### TO DO
Repeat exactly the lines of the entries below from the one with "digits.new ≡ encode_lower" through the one with "pub(crate) fn push_hex(out: &mut", both ends included, and nothing else.

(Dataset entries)

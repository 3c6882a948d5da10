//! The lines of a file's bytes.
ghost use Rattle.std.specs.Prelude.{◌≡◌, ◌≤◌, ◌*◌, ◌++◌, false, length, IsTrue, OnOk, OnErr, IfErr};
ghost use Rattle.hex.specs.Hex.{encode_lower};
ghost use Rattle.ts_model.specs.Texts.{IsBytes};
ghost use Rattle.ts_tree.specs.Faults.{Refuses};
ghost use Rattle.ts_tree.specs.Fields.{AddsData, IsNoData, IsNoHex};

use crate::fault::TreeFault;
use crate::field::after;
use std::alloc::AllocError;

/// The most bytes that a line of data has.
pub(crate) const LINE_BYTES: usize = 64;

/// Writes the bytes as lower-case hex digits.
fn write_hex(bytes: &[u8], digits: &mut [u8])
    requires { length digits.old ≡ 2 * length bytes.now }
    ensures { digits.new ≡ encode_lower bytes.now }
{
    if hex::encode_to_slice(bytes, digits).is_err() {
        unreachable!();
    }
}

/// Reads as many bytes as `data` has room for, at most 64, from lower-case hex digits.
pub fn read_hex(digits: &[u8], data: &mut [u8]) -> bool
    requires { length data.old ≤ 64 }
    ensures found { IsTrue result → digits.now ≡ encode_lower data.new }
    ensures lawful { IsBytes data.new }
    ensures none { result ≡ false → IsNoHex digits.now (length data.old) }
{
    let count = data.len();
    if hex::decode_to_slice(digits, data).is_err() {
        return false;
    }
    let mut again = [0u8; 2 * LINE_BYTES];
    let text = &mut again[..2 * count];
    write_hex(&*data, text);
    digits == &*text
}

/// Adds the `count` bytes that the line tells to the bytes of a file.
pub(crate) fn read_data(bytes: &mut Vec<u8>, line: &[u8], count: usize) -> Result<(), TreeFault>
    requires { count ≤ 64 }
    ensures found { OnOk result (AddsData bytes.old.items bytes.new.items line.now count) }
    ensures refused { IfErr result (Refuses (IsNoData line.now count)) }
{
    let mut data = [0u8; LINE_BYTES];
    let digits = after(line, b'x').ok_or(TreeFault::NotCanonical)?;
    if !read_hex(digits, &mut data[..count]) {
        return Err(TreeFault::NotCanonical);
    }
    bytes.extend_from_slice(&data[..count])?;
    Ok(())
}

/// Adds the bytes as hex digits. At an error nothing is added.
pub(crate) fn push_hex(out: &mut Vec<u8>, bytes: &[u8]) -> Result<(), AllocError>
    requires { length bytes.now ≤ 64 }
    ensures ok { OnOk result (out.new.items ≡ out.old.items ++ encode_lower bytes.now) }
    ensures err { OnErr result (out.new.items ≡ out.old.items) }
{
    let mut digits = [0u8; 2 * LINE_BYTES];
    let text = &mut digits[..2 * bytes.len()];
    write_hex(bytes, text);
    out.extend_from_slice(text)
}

==

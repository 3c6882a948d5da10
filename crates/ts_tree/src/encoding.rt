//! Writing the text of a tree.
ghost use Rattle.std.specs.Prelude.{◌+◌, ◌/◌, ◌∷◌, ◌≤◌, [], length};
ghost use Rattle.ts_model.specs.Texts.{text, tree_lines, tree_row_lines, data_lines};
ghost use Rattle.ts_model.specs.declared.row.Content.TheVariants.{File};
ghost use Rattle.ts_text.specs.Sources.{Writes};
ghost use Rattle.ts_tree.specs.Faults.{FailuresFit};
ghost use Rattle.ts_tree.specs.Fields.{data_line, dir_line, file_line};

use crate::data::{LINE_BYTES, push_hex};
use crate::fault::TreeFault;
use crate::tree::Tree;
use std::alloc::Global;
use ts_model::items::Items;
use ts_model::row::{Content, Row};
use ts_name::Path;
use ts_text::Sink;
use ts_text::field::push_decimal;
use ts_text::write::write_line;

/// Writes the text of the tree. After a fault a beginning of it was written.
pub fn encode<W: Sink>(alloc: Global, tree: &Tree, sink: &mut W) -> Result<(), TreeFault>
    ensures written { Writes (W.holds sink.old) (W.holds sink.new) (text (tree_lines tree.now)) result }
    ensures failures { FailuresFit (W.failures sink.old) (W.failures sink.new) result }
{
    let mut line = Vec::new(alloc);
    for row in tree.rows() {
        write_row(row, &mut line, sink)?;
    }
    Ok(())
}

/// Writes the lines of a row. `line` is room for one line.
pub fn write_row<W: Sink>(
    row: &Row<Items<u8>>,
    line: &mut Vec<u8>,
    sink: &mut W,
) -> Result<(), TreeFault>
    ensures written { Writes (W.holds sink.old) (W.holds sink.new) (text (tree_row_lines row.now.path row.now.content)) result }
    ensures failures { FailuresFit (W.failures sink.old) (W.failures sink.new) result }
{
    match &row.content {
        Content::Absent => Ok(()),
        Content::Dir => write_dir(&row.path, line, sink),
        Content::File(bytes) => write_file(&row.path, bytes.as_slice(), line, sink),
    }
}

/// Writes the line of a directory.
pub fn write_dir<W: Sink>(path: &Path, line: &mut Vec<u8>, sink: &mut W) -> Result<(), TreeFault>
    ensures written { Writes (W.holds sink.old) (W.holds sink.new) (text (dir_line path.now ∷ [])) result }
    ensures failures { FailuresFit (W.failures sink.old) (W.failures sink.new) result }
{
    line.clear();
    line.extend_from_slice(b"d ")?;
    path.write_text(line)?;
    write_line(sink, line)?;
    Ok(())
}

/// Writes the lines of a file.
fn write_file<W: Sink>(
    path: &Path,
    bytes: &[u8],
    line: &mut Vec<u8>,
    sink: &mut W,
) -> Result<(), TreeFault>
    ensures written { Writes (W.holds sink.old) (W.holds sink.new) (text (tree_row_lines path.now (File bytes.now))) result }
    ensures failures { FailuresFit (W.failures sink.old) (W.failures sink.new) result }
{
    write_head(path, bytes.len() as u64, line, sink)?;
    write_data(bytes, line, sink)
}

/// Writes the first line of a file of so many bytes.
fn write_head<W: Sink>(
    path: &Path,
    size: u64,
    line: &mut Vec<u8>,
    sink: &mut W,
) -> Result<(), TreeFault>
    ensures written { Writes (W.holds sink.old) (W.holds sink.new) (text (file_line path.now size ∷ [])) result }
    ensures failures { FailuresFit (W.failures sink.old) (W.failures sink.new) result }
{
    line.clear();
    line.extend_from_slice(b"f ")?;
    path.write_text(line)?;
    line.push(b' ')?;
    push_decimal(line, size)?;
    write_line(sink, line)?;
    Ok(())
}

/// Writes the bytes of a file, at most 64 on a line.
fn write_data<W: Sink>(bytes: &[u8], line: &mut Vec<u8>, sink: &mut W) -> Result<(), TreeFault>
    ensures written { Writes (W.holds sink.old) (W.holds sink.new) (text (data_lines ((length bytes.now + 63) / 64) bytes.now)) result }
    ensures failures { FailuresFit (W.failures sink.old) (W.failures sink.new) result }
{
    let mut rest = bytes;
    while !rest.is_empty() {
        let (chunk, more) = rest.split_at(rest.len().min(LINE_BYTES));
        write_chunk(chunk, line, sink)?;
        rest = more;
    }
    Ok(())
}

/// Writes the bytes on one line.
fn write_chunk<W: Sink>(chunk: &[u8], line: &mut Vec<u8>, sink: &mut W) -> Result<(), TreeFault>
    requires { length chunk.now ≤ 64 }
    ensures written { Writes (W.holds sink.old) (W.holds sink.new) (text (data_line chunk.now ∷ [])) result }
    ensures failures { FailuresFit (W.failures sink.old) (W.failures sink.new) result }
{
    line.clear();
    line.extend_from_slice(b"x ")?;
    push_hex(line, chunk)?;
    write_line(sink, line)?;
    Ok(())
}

* * *

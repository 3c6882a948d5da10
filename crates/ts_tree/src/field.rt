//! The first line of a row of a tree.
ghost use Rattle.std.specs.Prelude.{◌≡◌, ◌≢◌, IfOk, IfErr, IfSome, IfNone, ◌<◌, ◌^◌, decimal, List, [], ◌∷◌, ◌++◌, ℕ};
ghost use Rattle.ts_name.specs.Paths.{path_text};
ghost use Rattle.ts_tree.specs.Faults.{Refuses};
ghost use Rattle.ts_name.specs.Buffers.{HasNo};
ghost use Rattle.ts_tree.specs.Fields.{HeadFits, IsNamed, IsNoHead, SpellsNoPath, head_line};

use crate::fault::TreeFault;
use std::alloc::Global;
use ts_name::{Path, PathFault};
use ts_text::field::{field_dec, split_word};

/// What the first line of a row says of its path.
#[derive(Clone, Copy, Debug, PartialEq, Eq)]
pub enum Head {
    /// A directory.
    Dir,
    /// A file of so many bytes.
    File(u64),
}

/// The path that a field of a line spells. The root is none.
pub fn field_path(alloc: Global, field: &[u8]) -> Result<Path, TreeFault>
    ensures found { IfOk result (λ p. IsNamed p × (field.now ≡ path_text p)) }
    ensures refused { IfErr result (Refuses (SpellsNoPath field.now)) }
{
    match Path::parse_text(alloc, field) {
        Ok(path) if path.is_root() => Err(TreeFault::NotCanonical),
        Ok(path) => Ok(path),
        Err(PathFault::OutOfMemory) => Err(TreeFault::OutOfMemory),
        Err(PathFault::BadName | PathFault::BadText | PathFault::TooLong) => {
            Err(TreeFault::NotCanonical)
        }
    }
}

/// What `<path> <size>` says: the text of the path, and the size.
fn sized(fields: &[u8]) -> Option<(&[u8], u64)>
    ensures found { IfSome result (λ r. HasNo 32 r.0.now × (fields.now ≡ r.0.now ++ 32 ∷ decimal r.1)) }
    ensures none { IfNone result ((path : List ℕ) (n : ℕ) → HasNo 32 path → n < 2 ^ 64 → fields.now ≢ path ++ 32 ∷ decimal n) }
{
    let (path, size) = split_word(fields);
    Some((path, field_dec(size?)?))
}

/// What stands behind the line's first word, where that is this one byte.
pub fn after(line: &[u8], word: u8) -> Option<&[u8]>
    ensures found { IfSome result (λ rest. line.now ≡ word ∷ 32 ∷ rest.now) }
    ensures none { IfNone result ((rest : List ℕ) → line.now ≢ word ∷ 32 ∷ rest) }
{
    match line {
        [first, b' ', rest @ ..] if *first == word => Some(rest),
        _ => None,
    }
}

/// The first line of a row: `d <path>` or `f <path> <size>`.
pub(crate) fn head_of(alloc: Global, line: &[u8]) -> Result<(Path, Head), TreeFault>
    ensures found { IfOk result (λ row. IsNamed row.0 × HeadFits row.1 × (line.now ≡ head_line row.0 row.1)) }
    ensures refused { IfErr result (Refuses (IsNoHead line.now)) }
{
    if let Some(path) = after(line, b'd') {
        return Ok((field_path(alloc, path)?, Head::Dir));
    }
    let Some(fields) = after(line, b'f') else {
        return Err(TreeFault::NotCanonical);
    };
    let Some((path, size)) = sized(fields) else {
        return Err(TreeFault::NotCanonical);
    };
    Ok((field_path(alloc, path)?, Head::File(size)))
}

### WRITTEN RESPONSE
    ensures { digits.new ≡ encode_lower bytes.now }
{
    if hex::encode_to_slice(bytes, digits).is_err() {
        unreachable!();
    }
}

/// Reads as many bytes as `data` has room for, at most 64, from lower-case hex digits.
pub fn read_hex(digits: &[u8], data: &mut [u8]) -> bool
    requires { length data.old ≤ 64 }
    ensures found { IsTrue result → digits.now ≡ encode_lower data.new }
    ensures lawful { IsBytes data.new }
    ensures none { result ≡ false → IsNoHex digits.now (length data.old) }
{
    let count = data.len();
    if hex::decode_to_slice(digits, data).is_err() {
        return false;
    }
    let mut again = [0u8; 2 * LINE_BYTES];
    let text = &mut again[..2 * count];
    write_hex(&*data, text);
    digits == &*text
}

/// Adds the `count` bytes that the line tells to the bytes of a file.
pub(crate) fn read_data(bytes: &mut Vec<u8>, line: &[u8], count: usize) -> Result<(), TreeFault>
    requires { count ≤ 64 }
    ensures found { OnOk result (AddsData bytes.old.items bytes.new.items line.now count) }
    ensures refused { IfErr result (Refuses (IsNoData line.now count)) }
{
    let mut data = [0u8; LINE_BYTES];
    let digits = after(line, b'x').ok_or(TreeFault::NotCanonical)?;
    if !read_hex(digits, &mut data[..count]) {
        return Err(TreeFault::NotCanonical);
    }
    bytes.extend_from_slice(&data[..count])?;
    Ok(())
}

/// Adds the bytes as hex digits. At an error nothing is added.
pub(crate) fn push_hex(out: &mut Vec<u8>, bytes: &[u8]) -> Result<(), AllocError>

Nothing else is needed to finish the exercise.